« On ne peut pas jouer avec les alliances comme ça. On ne traite pas avec une telle brutalité et une telle imprévisibilité le partenaire majeur qu'est la France. » Invité du 20h France 2, samedi 18 septembre, le ministre des Affaires étrangères Jean-Yves Le Drian a fait part de sa colère et de sa profonde déception vis-à-vis de l’attitude des Etats-Unis et de l’Australie, après que Canberra a annoncé mercredi 15 septembre l’annulation du « contrat du siècle », 12 sous-marins commandés en 2016 par l’Australie à la France.
Choix géopolitique
A la place de la technologie française, ce sont des sous-marins nucléaires américains qui seront achetés. Pour justifier ce revirement, qui, selon le Premier ministre australien Scott Morrison, n’est pas un « changement d’avis, mais un changement de besoin », l’Australie fait valoir les tensions grandissantes avec la Chine. Un choix géopolitique, et non industriel, qui se concrétise par une nouvelle alliance, l’Ankus, menée par les Etats-Unis, avec l'Australie et le Royaume-Uni de Boris Johnson.
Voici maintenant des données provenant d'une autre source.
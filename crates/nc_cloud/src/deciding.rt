ghost use Rattle.std.specs.Prelude.{◌≡◌, ◌≢◌, ℕ, List, All, map, IfSome, IfNone, true};
ghost use Rattle.nc_frame.specs.Frames.{Whole};
ghost use Rattle.nc_cloud.specs.Fleet.{asked, writes, Answers, chunks_got, got_count};
ghost use Rattle.nc_cloud.specs.declared.fleet.Job.{Job};
ghost use Rattle.nc_cloud.specs.Deciding.{AreAscending, BlamesJob, BlamesAsk, DecidesAsks, DecidesJobs, IsSeen, OnlyLooked, TellsCounts, Wrote};
ghost use Rattle.nc_cloud.specs.Stopping.{Stops};

use crate::fleet::{Answer, Ask, Done, Fleet, Job};
use thiserror::Error;

/// What kept a round from being Ok as a whole.
#[derive(Clone, Copy, Debug, PartialEq, Eq, Error)]
pub enum RoundFault {
    /// This cloud failed: the least of its round.
    #[error("cloud {0} failed")]
    Cloud(u8),
    /// No memory was found.
    #[error("no memory")]
    Memory,
}

/// What is to blame for this write not being Ok.
fn job_fault(job: &Job) -> Option<RoundFault>
    requires { job.now.done ≢ Done.Waiting }
    ensures some { IfSome result (BlamesJob job.now) }
    ensures none { IfNone result (job.now.done ≡ Done.Ok) }
{
    match job.done {
        Done::Ok => None,
        Done::Failed => Some(RoundFault::Cloud(job.cloud)),
        Done::Waiting | Done::Memory => Some(RoundFault::Memory),
    }
}

/// The least entry that isn't Ok decides.
fn written(jobs: &[Job]) -> Result<(), RoundFault>
    requires { All (λ j. j.done ≢ Done.Waiting) jobs.now }
    ensures { DecidesJobs jobs.now result }
{
    for job in jobs {
        if let Some(fault) = job_fault(job) {
            return Err(fault);
        }
    }
    Ok(())
}

/// What is to blame for this get saying nothing.
fn ask_fault(ask: &Ask) -> Option<RoundFault>
    requires { ask.now.answer ≢ Answer.Waiting }
    ensures some { IfSome result (BlamesAsk ask.now) }
    ensures none { IfNone result (IsSeen ask.now.answer ≡ true) }
{
    match ask.answer {
        Answer::Failed => Some(RoundFault::Cloud(ask.cloud)),
        Answer::Waiting | Answer::Memory => Some(RoundFault::Memory),
        _ => None,
    }
}

/// The least entry that says nothing decides.
fn answered(asks: &[Ask]) -> Result<(), RoundFault>
    requires { All (λ a. a.answer ≢ Answer.Waiting) asks.now }
    ensures { DecidesAsks asks.now result }
{
    for ask in asks {
        if let Some(fault) = ask_fault(ask) {
            return Err(fault);
        }
    }
    Ok(())
}

/// A round of writes, on some clouds in ascending order. The least entry that isn't Ok decides.
pub fn write_round<F: Fleet>(fleet: &mut F, jobs: &mut [Job]) -> Result<(), RoundFault>
    requires ready { F.ready }
    requires clouds { AreAscending (λ j. j.cloud) (F.clouds fleet.old) jobs.old }
    requires whole { All (λ j. Whole j.bytes) jobs.old }
    ensures wrote { Wrote F.Fleet (writes jobs.old) jobs.new fleet.old fleet.new result }
{
    fleet.put_round(jobs);
    written(jobs)
}

/// A round of gets, of some clouds in ascending order. The least entry that says nothing decides.
pub fn ask_round<F: Fleet>(fleet: &mut F, asks: &mut [Ask]) -> Result<(), RoundFault>
    requires ready { F.ready }
    requires clouds { AreAscending (λ a. a.cloud) (F.clouds fleet.old) asks.old }
    ensures entries { map asked asks.new ≡ map asked asks.old }
    ensures told { F.tells → All (λ a. Answers a (F.held fleet.old a.cloud a.key)) asks.new }
    ensures decides { DecidesAsks asks.new result }
    ensures counts { TellsCounts F.Fleet fleet.old fleet.new result }
    ensures looked { OnlyLooked F.Fleet fleet.old fleet.new }
    ensures stops { Stops F.Fleet fleet.old fleet.new (λ G. G ≡ F.held fleet.old) }
    ensures gets { (c : ℕ) → F.chunk_gets fleet.new c ≡ got_count (F.chunk_gets fleet.old c) (chunks_got c asks.new) }
{
    fleet.get_round(asks);
    answered(asks)
}

/// A round of writes, on some clouds in ascending order, which are let go afterwards. The least entry that isn't Ok decides.
/// Where there are none, no round is made.
pub fn write_row<F: Fleet>(fleet: &mut F, mut jobs: Vec<Job>) -> Result<(), RoundFault>
    requires ready { F.ready }
    requires clouds { AreAscending (λ j. j.cloud) (F.clouds fleet.old) jobs.items }
    requires whole { All (λ j. Whole j.bytes) jobs.items }
    ensures wrote { (ended : List Job) × Wrote F.Fleet (writes jobs.items) ended fleet.old fleet.new result }
{
    if jobs.is_empty() {
        return Ok(());
    }
    write_round(fleet, &mut jobs)
}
Signe de la gravité de la crise aux yeux de Paris, les ambassadeurs français à Canberra et à Washington ont été rappelés pour consultation, vendredi 17 septembre, une première pour ces deux pays alliés de longue date. Samedi 18 septembre, l'ambassadeur de France en Australie, Jean-Pierre Thébault, dénonçait sur la radio publique australienne SBS le « coup de poignard dans le dos que nous avons reçu ».
Fierté française
La désillusion française est à l’image de l’enthousiasme qu’avait suscité en 2016 l’annonce de ce « contrat du siècle ». Le 26 avril 2016, le journal télévisé de France 3 reprenait un extrait du discours du président François Hollande, qui, brandissant une maquette de sous-marin, se réjouissait de ce « symbole de la France qui gagne » : « Dans le contexte que nous connaissons, nous devons à chaque fois nous poser cette même question, est-ce que nous pouvons être les meilleurs ? Dans beaucoup de domaines nous pouvons démontrer que nous sommes les meilleurs. »
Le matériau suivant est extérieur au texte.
//! One run of the program over any clouds.

use nc_cloud::Fleet;
use nc_name::Blob;
use nc_run::run;
use nc_stream::{MemSink, MemSource};
use std::alloc::Global;
use std::test::Fail;
use std::thread::Threads;

/// More bytes than a scene has.
const MANY: usize = 134_217_728;

/// How a run is made, beside its words. A read gives at most so many bytes, and a write of the output, or of the fault's line,
/// takes at most so many; reads and writes are numbered from 1 on, and no 0th one fails.
#[derive(Drop)]
pub struct Setup {
    pub input: Vec<u8>,
    pub reads_up_to: usize,
    pub failing_read: u64,
    pub writes_up_to: usize,
    pub failing_write: u64,
    pub tells_up_to: usize,
    pub failing_tell: u64,
}

/// How a run ended: the exit code and the line of its fault, its output, and the input as the run left it.
#[derive(Drop)]
pub struct Outcome {
    pub answer: String,
    pub output: MemSink,
    pub input: MemSource,
}

impl Setup {
    /// This input, all bytes in one call, and nothing that fails.
    pub fn new(input: Vec<u8>) -> Setup {
        Setup {
            input,
            reads_up_to: MANY,
            failing_read: 0,
            writes_up_to: MANY,
            failing_write: 0,
            tells_up_to: MANY,
            failing_tell: 0,
        }
    }

    fn source(&self, alloc: Global) -> Result<MemSource, Fail> {
        let bytes = Blob::from_slice(alloc, self.input.as_slice())?;
        let mut source = MemSource::new(alloc, bytes, self.reads_up_to.max(1));
        source.refuse(self.failing_read)?;
        Ok(source)
    }

    /// Runs these words so.
    pub fn run<R: Threads + Sync + AllocGlobal, F: Fleet>(
        &self,
        rt: &R,
        fleet: &mut F,
        words: &str,
    ) -> Result<Outcome, Fail>
        requires ready { F.ready }
    {
        let alloc = rt.alloc();
        let words = split(alloc, words)?;
        let mut input = self.source(alloc)?;
        let mut output = sink(alloc, self.writes_up_to, self.failing_write)?;
        let mut err = sink(alloc, self.tells_up_to, self.failing_tell)?;
        let status = run(
            rt,
            alloc,
            words.as_slice(),
            fleet,
            &mut input,
            &mut output,
            &mut err,
        );
        Ok(Outcome {
            answer: answer_of(alloc, status.code(), err.bytes())?,
            output,
            input,
        })
    }
}

/// Takes at most so many bytes a call, of which this one fails.
fn sink(alloc: Global, most: usize, failing: u64) -> Result<MemSink, Fail> {
    let mut sink = MemSink::new(alloc, most.max(1));
    sink.refuse(failing)?;
    Ok(sink)
}

/// The words, split at single spaces. The empty text has none.
fn split(alloc: Global, words: &str) -> Result<Vec<String>, Fail> {
    let mut all = Vec::new(alloc);
    if !words.is_empty() {
        for word in words.split(' ') {
            all.push(spelled(alloc, word)?)?;
        }
    }
    Ok(all)
}

/// The text that these letters of a scene stand for.
pub fn spelled(alloc: Global, word: &str) -> Result<String, Fail> {
    let mut text = String::new(alloc);
    for letter in word.chars() {
        text.push(meant(letter))?;
    }
    Ok(text)
}

/// What a letter of a scene stands for.
fn meant(letter: char) -> char {
    match letter {
        '¶' => '\n',
        '·' => ' ',
        other => other,
    }
}

/// The exit code, and what was told of a fault: its line without the program's name, or, with three dots, a beginning of it.
fn answer_of(alloc: Global, code: u8, told: &[u8]) -> Result<String, Fail> {
    if code == 0 && told.is_empty() {
        return Ok(format!(in alloc; "0 Ok")?);
    }
    let told = str::from_utf8(told)?;
    match cause_in(told) {
        Some(cause) => Ok(format!(in alloc; "{code} {cause}")?),
        None => Ok(format!(in alloc; "{code} {told}...")?),
    }
}

/// The cause that a whole line of a fault tells.
fn cause_in(told: &str) -> Option<&str> {
    match told.strip_prefix("nccloud: ") {
        Some(rest) => rest.strip_suffix('\n'),
        None => None,
    }
}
Le commentaire du journaliste énonçait alors un « contrat record évalué à 34 milliards d’euros, avec à la clé des milliers d’emplois dans les deux pays : un succès pour la DCNS et pour le savoir-faire français ». L’entreprise basée à Cherbourg et héritière des chantiers navals fondés par Richelieu, devenue Naval Group en 2017, avait réussi à surclasser la concurrence des Allemands de ThyssenKrupp Marine Systems et des Japonais de Mitsubishi-Kawasaki.
Adaptés pour l'Australie
Les douze sous-marins vendus par la France appartenaient à la nouvelle classe à propulsion nucléaire Barracuda, transformés pour les besoins de l’Australie en propulsion diesel et électrique. A l’époque, Canberra ne souhaitait pas acquérir la technologie de la propulsion par l’atome pour éviter la prolifération nucléaire dans la région indo-pacifique. De plus, la France, dans le respect de la lettre du traité sur la non-prolifération des armes nucléaires signé en 1970, ne proposait pas sa technologie nucléaire à la vente à l'étranger.
Le contrat prévoyait des transferts de technologie français à l’Australie, et une construction majoritairement dans l'île-continent, ainsi que l’expliquait le Premier ministre australien Malcom Turnbull en 2016 à Adelaïde : « Nous aurons les technologies et les compétences, les emplois pour nos enfants et petits enfants, pour les décennies à venir. »
Excellence technique
Pour Hervé Guillou , PDG de DNCS, cette vente représentait « la démonstration de notre excellence technique, reconnue par le Premier ministre australien dans son discours […], qui a insisté sur le fait que nous avions offert la meilleure capacité opérationnelle ».
Les salariés de la DCNS soulagés par la vente des sous marins
2016 - 02:08 - vidéo
A Cherbourg, principal site de l’entreprise, mais également à Lorient ou encore à Indret-Ruelle, dans la région nantaise, les salariés de DNCS exprimaient leur soulagement devant ce contrat record et disaient envisager leur futur avec sérénité.
La rupture de ce méga contrat est un coup dur pour le groupe et ses salariés, et sonne plus généralement comme un désaveu pour la diplomatie française et pour son rang dans cette région stratégique de l'Indo-Pacifique.